When running a docker container with host mounted volumes, both from docker
and docker-compose
, on RHEL, I observe a large amount of disk I/O (using dstat
) before the container is launched.
The I/O is associated with the dockerd
process, and I am able to clearly increase or reduce the I/O by mounting or removing host volumes.
If I do not mount any host volumes, the container launches immediately. If I mount volumes that cover a large part of the file system, the I/O is significant, in my case about 20 Gb that takes about three minutes before the container launches. In some cases, this causes docker-compose up
orchestration to simply time out.
A typical run command looks like this
docker run -it --rm --name my_container \
-v /host/app/src:/app:ro,z \ # host volume defined here
-v my_ro_data:/data/read_only/files:ro,z \ # external named volume
-v /host/data/write:/data/container_output/files:z \ # another host volume
my/image:latest
The I/O occurs regardless if volume is a pre-defined named volume, and regardless if syntax is used to mark it read-only. But when defining an external named volume, it looks like this:
docker volume create \
--driver local \
--opt type=none \
--opt o=bind \
--opt device=/host/data/files \
my_ro_data
I assume the I/O is related to the overlay file system, but I cannot find any clear explanation of what exactly is being written, where it is being written, and how to perhaps optimize a configuration to require less I/O before container launch. It is clearly not the contents of the entire volume, so it would seem to be some sort of differential? However, imagine I have some sort of large scale data pipeline and I want to point my container at host source or target directories with terabytes of files...How can I mount host volumes with less impact to container startup latency?
Update:
Based on guidance from @BMitch, I focused on the SELinux related ":z"
label.
Brief history:
Originally (about a year prior to the post) the mounted volumes were not accessible to the docker container on our RHEL w/SELinux server without this label. Even though --volumes-from
is a different cli option, it had the best explanation that other sources were referring to when solving the access issues:
Labeling systems like SELinux require that proper labels are placed on volume content mounted into a container. Without a label, the security system might prevent the processes running inside the container from using the content. By default, Docker does not change the labels set by the OS. To change the label in the container context, you can add either of two suffixes :z or :Z to the volume mount. These suffixes tell Docker to relabel file objects on the shared volumes. The z option tells Docker that two containers share the volume content. As a result, Docker labels the content with a shared content label. Shared volume labels allow all containers to read/write content. The Z option tells Docker to label the content with a private unshared label.

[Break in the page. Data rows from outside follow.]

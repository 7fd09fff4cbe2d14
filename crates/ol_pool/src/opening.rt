//! A new pool: its deques and its hands.
ghost use Rattle.std.specs.Prelude.{◌≡◌, ℕ, ◌+◌, ◌-◌, ◌<◌, ◌≤◌, All, IfOk, OnOk, length, map, vec_len};
ghost use Rattle.crossbeam_deque.specs.Handles.{stealer_deque};
ghost use Rattle.ol_pool.specs.Deques.{opened, lends};
ghost use Rattle.ol_pool.specs.Owned.{AreOpen, AreRows, row_of, lends_one};
ghost use Rattle.ol_pool.specs.Pools.{IsHandOf, AreDealt};

use crate::deques::Thief;
use crate::hands::Hand;
use crate::own::Own;
use crate::pool::Pool;
use crate::reach::Reach;
use ol_limits::NoMemory;
use std::alloc::Global;

// So many open deques without a cell, from both sides.
fn open_all(alloc: Global, count: u32, bound: u32) -> Result<(Vec<Own>, Vec<Thief>), NoMemory>
    ensures owns { IfOk result (λ made. All (λ own. own.log ≡ opened bound) made.0.items) }
    ensures thieves { IfOk result (λ made.
        map (λ own. own.deque) made.0.items ≡ map (λ t. stealer_deque t) made.1.items) }
    ensures count { IfOk result (λ made. length made.1.items ≡ count) }
{
    let mut owns = Vec::new(alloc);
    let mut thieves = Vec::new(alloc);
    for _ in 0..count {
        let (own, thief) = Own::new(alloc, bound)?;
        owns.push(own)?;
        thieves.push(thief)?;
    }
    Ok((owns, thieves))
}

// So many places of a hand's table of access stay unused: it shares no cache line with another's.
const APART: usize = 8;

// Access for one hand to each deque.
fn lend_all(alloc: Global, pool: &Pool, owns: &mut Vec<Own>) -> Result<Vec<Reach>, NoMemory>
    requires some { All (λ own. (1 < own.log.parts) × (own.log.bound ≡ pool.now.cells))
        owns.old.items }
    requires deques { map (λ own. own.deque) owns.old.items ≡ pool.now.deques }
    ensures owns { OnOk result (owns.new.items ≡ map lends_one owns.old.items) }
    ensures row { IfOk result (λ made. made.items ≡ row_of pool.now) }
{
    let mut made = Vec::with_capacity(alloc, owns.len() + APART)?;
    for at in 0..owns.len() {
        let reach = owns[at].lend();
        made.push(reach)?;
    }
    Ok(made)
}

// Access for each hand to each deque.
fn lend_rows(alloc: Global, pool: &Pool, owns: &mut Vec<Own>) -> Result<Vec<Vec<Reach>>, NoMemory>
    requires few { pool.now.hands ≤ 64 }
    requires owns { AreOpen pool.now 0 owns.old.items }
    ensures owns { OnOk result (AreOpen pool.now pool.now.hands owns.new.items) }
    ensures rows { IfOk result (λ made. AreRows pool.now made.items) }
    ensures count { IfOk result (λ made. length made.items ≡ pool.now.hands) }
{
    let mut rows = Vec::new(alloc);
    for _ in 0..pool.hands() {
        let row = lend_all(alloc, pool, owns)?;
        rows.push(row)?;
    }
    Ok(rows)
}

// The hands of these deques, in their order.
fn deal(
    alloc: Global,
    pool: &Pool,
    mut owns: Vec<Own>,
    mut rows: Vec<Vec<Reach>>,
) -> Result<Vec<Hand>, NoMemory>
    requires hands { (length pool.now.deques ≡ pool.now.hands) × (pool.now.hands ≤ 64) }
    requires owns { AreOpen pool.now pool.now.hands owns.items }
    requires rows { AreRows pool.now rows.items × (length rows.items ≡ length owns.items) }
    ensures each { IfOk result (λ made. AreDealt pool.now made.items) }
    ensures count { IfOk result (λ made. vec_len made ≡ vec_len owns) }
{
    let mut hands = Vec::new(alloc);
    while let Some(own) = owns.pop() {
        let others = rows.pop().unwrap();
        let hand = Hand::new(owns.len() as u32, own, others);
        hands.push(hand)?;
    }
    hands.reverse();
    Ok(hands)
}

impl Pool {
    /// An empty pool for cells below `cells`, and its hands in the order of their numbers. Each
    /// deque has an initial capacity of 64 cells.
    ///
    /// `NoMemory`: no memory was found.
    pub fn new(alloc: Global, hands: u32, cells: u32) -> Result<(Pool, Vec<Hand>), NoMemory>
        requires some { 1 ≤ hands }
        requires few { hands ≤ 64 }
        ensures hands { IfOk result (λ made. made.0.hands ≡ hands) }
        ensures cells { IfOk result (λ made. made.0.cells ≡ cells) }
        ensures count { IfOk result (λ made. vec_len made.1 ≡ hands) }
        ensures each { IfOk result (λ made. AreDealt made.0 made.1.items) }
        ensures same_pool { IfOk result (λ made. All (λ hand. IsHandOf hand made.0) made.1.items) }
        ensures open { IfOk result (λ made. All (λ hand. hand.stage ≡ 2) made.1.items) }
    {
        let (mut owns, thieves) = open_all(alloc, hands, cells)?;
        let pool = Pool::of(thieves, hands, cells);
        let rows = lend_rows(alloc, &pool, &mut owns)?;
        let made = deal(alloc, &pool, owns, rows)?;
        Ok((pool, made))
    }
}
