//! A hand's own deque, with what it answered.
ghost use Rattle.std.specs.Prelude.{◌≡◌, ◌<◌, ◌^◌, ◌≤◌, ◌∷◌, [], length, OnOk, OnErr, IfErr, MatchOption};
ghost use Rattle.ol_pool.specs.Deques.{AllBelow, puts};
ghost use Rattle.ol_pool.specs.Looks.{CountsOne};
ghost use Rattle.ol_pool.specs.Owned.{FoundEmpty, FoundCell};

use crate::own::Own;
use crate::tally::Tally;
use std::marker::Model;

/// A hand's own deque, how often it was looked at in vain, and how often it refused a cell.
#[derive(Drop)]
pub(crate) struct Home {
    own: Own,
    tally: Tally,
}

impl Model for Home {
    ghost use Rattle.ol_pool.specs.Owned.{HomeState};

    ghost Value = { HomeState };

    ghost view = { λ h. record {
      own = h.own;
      empties = h.tally.empties;
      refused = h.tally.refused;
    } };
}

impl Home {
    /// A deque that wasn't looked at, and refused no cell.
    pub(crate) fn new(own: Own) -> Home
        ensures { result ≡ record { own = own; empties = 0; refused = 0 } }
    {
        Home {
            own,
            tally: Tally::none(),
        }
    }

    /// Puts a cell at the back.
    ///
    /// `Err`: the deque answered so, and it is counted. It gives the cell back.
    pub(crate) fn put(&mut self, cell: u32) -> Result<(), u32>
        requires below { cell < self.old.own.log.bound }
        ensures sent { OnOk result (self.new
            ≡ record self.old { own = record self.old.own { log = puts self.old.own.log (cell ∷ []) } }) }
        ensures unchanged { OnErr result
            (self.new ≡ record self.old { refused = self.new.refused }) }
        ensures refused { OnErr result (CountsOne self.old.refused self.new.refused) }
        ensures many { OnErr result (64 ≤ length self.old.own.log.sent) }
        ensures back { IfErr result (λ returned. returned ≡ cell) }
    {
        self.own.put(&mut self.tally, cell)
    }

    /// Takes the cell at the front. None: the deque answered so, and it is counted.
    pub(crate) fn look(&mut self) -> Option<u32>
        ensures { MatchOption result (FoundEmpty self.old self.new)
            (λ cell. FoundCell cell self.old self.new) }
    {
        self.own.next(&mut self.tally)
    }

    /// The number of puts that were refused.
    pub(crate) fn refused(&self) -> u64
        ensures { result ≡ self.now.refused }
    {
        self.tally.refused()
    }

    /// Law: the cells that it gave are below its bound.
    pub(crate) fn gave_below(&self)
        ensures { AllBelow self.now.own.log.bound self.now.own.log.given }
    {
        self.own.gave_below();
    }

    /// Law: its deque is open.
    pub(crate) fn is_open(&self)
        ensures { self.now.own.log.stage ≡ 2 }
    {
        self.own.is_open();
    }
}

This explanation is accompanied by a warning: elswhere:
Bind-mounting a system directory such as /home or /usr with the Z option renders your host machine inoperable and you may need to relabel the host machine files by hand.
So I used ":z"
and sometimes ":ro,z"
and everything worked fine.
It turns out, this label is causing the pre-launch disk I/O. I do not understand SELinux security and labels well, but I imagine the I/O is actual altering of file labels when the volume is mounted, and so the more files, the longer the disk I/O.

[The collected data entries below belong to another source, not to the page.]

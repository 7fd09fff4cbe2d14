//! What a hand knows of another's deque.
ghost use Rattle.std.specs.Prelude.{◌≡◌, None};
ghost use Rattle.crossbeam_deque.specs.Handles.{view as knows, stealer_deque};
ghost use Rattle.ol_pool.specs.Looks.{Tells};
ghost use Rattle.ol_pool.specs.Owned.{IsReach, reach_part, reach_of};

use crate::deques::{Access, Fair, Gets, Thief};
use crate::looks::Seen;
use crate::tally::Tally;
use crossbeam_deque::Steal;
use std::marker::Model;

/// Access to another's deque, with what that answered.
#[derive(Drop)]
pub(crate) struct Reach {
    access: Access,
    tally: Tally,
}

impl Model for Reach {
    ghost use Rattle.std.specs.Prelude.{◌≡◌, None};
    ghost use Rattle.crossbeam_deque.specs.Handles.{view as knows};
    ghost use Rattle.ol_pool.specs.Owned.{ReachState};

    ghost Value = { ReachState };

    ghost view = { λ r. record {
      deque = (r.access.rows, r.access.heap);
      log = knows r.access;
      empties = r.tally.empties;
      agains = r.tally.agains;
    } };

    ghost invariant = { λ r. (r.access.me.hand ≡ None) × (r.access.me.spare ≡ None) };
}

impl Reach {
    /// Access with which no look was made.
    pub(crate) fn new(access: Access) -> Reach
        requires { (access.me.hand ≡ None) × (access.me.spare ≡ None) }
        ensures { result ≡ reach_of (access.rows, access.heap) (knows access) }
    {
        Reach {
            access,
            tally: Tally::none(),
        }
    }

    /// Looks at the deque, and takes the cell at its front.
    pub(crate) fn look(&mut self, thief: &Thief) -> Seen
        requires deque { self.old.deque ≡ stealer_deque thief.now }
        requires open { IsReach self.old.log.bound self.old }
        ensures deque { self.new.deque ≡ self.old.deque }
        ensures open { IsReach self.old.log.bound self.new }
        ensures tells { Tells result (reach_part self.old) (reach_part self.new) }
    {
        match self.tally.steal::<Fair, Gets>(thief, &mut self.access) {
            Steal::Success(cell) => Seen::Cell(cell),
            Steal::Empty => Seen::Empty,
            Steal::Retry => Seen::Again,
        }
    }
}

My observation is that removing the labels, and doing nothing else, results in the same behavior. Meaning the default behavior now from the docker engine is to treat SELinux mounted volumes as if labeled ":z"
. I believe this is a new behavior that may have been introduced over the past year...or some other system change...because now the volumes are accessible without the label (or maybe the labels are permanent, allowing subsequent docker access).
However, removing the :z
does not solve the I/O and long startup time. I then found this github conversation which claims both :z and :Z are potentially dangerous choices and a comment:
If your container does require broader access to system directories, then use of '--security-opt label:disable' with the 'docker run' command is a better alternative. Note that using the above option instead will disable SELinux checks for that container.
So I added this option and, in fact, the volumes were accessible and there was zero (or minimal) disk I/O and startup latency.
That said, I truly do not understand the repercussions of --security-opt label:disable
and would welcome any additional advice or explanation.